* Work required *
Only a number is wanted here: the number of lines of the data that include "many".

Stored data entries
==============================
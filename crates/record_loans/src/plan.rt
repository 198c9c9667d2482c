//! Where the words of an instance's records lie.
ghost use Rattle.std.specs.Prelude.{◌≡◌};
ghost use Rattle.record_loans.specs.Cuts.{start_of};

/// Where the words of a record lie.
#[derive(Clone, Copy)]
pub enum Source {
    /// The record isn't lent.
    Absent,
    /// In the instance's own piece of this record.
    Own,
    /// In the piece of this record that is lent to the instance.
    Shared,
    /// In the block in `daram`.
    InDaram,
    /// In the block in `saram`.
    InSaram,
    /// In the block in `external`.
    InExternal,
}

/// How a record is cut out of its source.
#[derive(Clone, Copy)]
pub struct Cut {
    pub source: Source,
    /// In a block, the words that are left out behind what was cut there before. A piece is cut from its start on.
    pub gap: usize,
    /// The words of the record.
    pub size: usize,
}

impl Cut {
    /// Where the record begins in the words that are taken for it: behind the gap in a block, else at the start.
    pub(crate) fn start(&self) -> usize
        ensures { result ≡ start_of self.now.source self.now.gap }
    {
        match self.source {
            Source::Absent | Source::Own | Source::Shared => 0,
            Source::InDaram | Source::InSaram | Source::InExternal => self.gap,
        }
    }
}

/// How the records of an instance are cut, in table order.
#[derive(Clone, Copy)]
pub struct Plan {
    /// The words of record 0, which are cut out of its own piece.
    pub object: usize,
    pub first: Cut,
    pub second: Cut,
    pub third: Cut,
}

/// How many words each record of a filter has: the object, the kept words, and the running words in the block in `daram`.
#[derive(Clone, Copy)]
pub struct FilterSizes {
    pub object: usize,
    pub kept: usize,
    pub running: usize,
}

/// The number of the write-once record of a reader, behind the object.
pub const ONCE: usize = 1;

/// The number of the write-once record of a filter that shares its constants.
pub const CONSTANTS: usize = 2;

/// How many words each record of a filter that shares its constants has: those of a filter, and the write-once constants between the kept
/// words and the running ones.
#[derive(Clone, Copy)]
pub struct SharingSizes {
    pub object: usize,
    pub kept: usize,
    pub constants: usize,
    pub running: usize,
}

/// How many words each record of a reader has: the object, and the write-once words behind it, none where it has no second record.
#[derive(Clone, Copy)]
pub struct ReaderSizes {
    pub object: usize,
    pub once: usize,
}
==============================
* Expected answer *
3